-- Opening Marker --

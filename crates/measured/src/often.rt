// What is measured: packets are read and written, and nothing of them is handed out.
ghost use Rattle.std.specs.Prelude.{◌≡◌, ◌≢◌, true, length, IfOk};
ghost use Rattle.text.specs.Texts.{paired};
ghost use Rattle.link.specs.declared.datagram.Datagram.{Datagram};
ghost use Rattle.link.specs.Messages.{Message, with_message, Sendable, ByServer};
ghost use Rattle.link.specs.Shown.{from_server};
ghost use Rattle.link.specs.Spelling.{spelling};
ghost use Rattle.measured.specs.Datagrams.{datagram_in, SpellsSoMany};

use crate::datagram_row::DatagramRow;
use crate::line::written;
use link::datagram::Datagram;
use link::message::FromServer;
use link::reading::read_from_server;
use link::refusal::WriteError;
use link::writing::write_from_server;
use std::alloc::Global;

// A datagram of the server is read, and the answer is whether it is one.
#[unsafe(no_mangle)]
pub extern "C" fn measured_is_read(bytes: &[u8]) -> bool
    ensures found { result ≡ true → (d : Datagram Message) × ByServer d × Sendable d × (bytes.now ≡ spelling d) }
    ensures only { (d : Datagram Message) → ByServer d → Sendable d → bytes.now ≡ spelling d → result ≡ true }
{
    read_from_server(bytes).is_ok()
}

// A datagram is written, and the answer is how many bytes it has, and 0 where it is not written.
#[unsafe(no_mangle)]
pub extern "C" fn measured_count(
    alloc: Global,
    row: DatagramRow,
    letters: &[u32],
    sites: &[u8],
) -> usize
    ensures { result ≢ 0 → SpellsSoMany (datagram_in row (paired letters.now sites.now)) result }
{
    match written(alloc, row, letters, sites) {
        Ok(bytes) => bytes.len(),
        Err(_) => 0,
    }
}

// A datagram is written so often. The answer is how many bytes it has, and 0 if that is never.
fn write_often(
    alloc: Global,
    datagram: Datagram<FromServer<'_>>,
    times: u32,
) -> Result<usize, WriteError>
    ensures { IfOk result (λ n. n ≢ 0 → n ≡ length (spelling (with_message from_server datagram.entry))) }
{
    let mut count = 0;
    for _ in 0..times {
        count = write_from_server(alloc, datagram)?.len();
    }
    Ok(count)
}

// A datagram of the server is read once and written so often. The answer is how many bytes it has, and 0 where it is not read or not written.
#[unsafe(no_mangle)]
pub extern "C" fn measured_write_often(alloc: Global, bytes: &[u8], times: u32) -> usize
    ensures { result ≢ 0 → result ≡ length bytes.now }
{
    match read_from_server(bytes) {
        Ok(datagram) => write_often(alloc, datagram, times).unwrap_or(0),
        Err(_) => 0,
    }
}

-- Closing Marker --

After reading the entries, reproduce every one of them exactly.

filename crates/measured/src/often.rt
// What is measured: packets are read and written, and nothing of them is handed out.
ghost use Rattle.std.specs.Prelude.{◌≡◌, ◌≢◌, true, length, IfOk};
ghost use Rattle.text.specs.Texts.{paired};
ghost use Rattle.link.specs.declared.datagram.Datagram.{Datagram};
ghost use Rattle.link.specs.Messages.{Message, with_message, Sendable, ByServer};
ghost use Rattle.link.specs.Shown.{from_server};
ghost use Rattle.link.specs.Spelling.{spelling};
ghost use Rattle.measured.specs.Datagrams.{datagram_in, SpellsSoMany};

use crate::datagram_row::DatagramRow;
use crate::line::written;
use link::datagram::Datagram;
use link::message::FromServer;
use link::reading::read_from_server;
use link::refusal::WriteError;
use link::writing::write_from_server;
use std::alloc::Global;

// A datagram of the server is read, and the answer is whether it is one.
#[unsafe(no_mangle)]
pub extern "C" fn measured_is_read(bytes: &[u8]) -> bool
    ensures found { result ≡ true → (d : Datagram Message) × ByServer d × Sendable d × (bytes.now ≡ spelling d) }
    ensures only { (d : Datagram Message) → ByServer d → Sendable d → bytes.now ≡ spelling d → result ≡ true }
{
    read_from_server(bytes).is_ok()
}

// A datagram is written, and the answer is how many bytes it has, and 0 where it is not written.
#[unsafe(no_mangle)]
pub extern "C" fn measured_count(
    alloc: Global,
    row: DatagramRow,
    letters: &[u32],
    sites: &[u8],
) -> usize
    ensures { result ≢ 0 → SpellsSoMany (datagram_in row (paired letters.now sites.now)) result }
{
    match written(alloc, row, letters, sites) {
        Ok(bytes) => bytes.len(),
        Err(_) => 0,
    }
}

// A datagram is written so often. The answer is how many bytes it has, and 0 if that is never.
fn write_often(
    alloc: Global,
    datagram: Datagram<FromServer<'_>>,
    times: u32,
) -> Result<usize, WriteError>
    ensures { IfOk result (λ n. n ≢ 0 → n ≡ length (spelling (with_message from_server datagram.entry))) }
{
    let mut count = 0;
    for _ in 0..times {
        count = write_from_server(alloc, datagram)?.len();
    }
    Ok(count)
}

// A datagram of the server is read once and written so often. The answer is how many bytes it has, and 0 where it is not read or not written.
#[unsafe(no_mangle)]
pub extern "C" fn measured_write_often(alloc: Global, bytes: &[u8], times: u32) -> usize
    ensures { result ≢ 0 → result ≡ length bytes.now }
{
    match read_from_server(bytes) {
        Ok(datagram) => write_often(alloc, datagram, times).unwrap_or(0),
        Err(_) => 0,
    }
}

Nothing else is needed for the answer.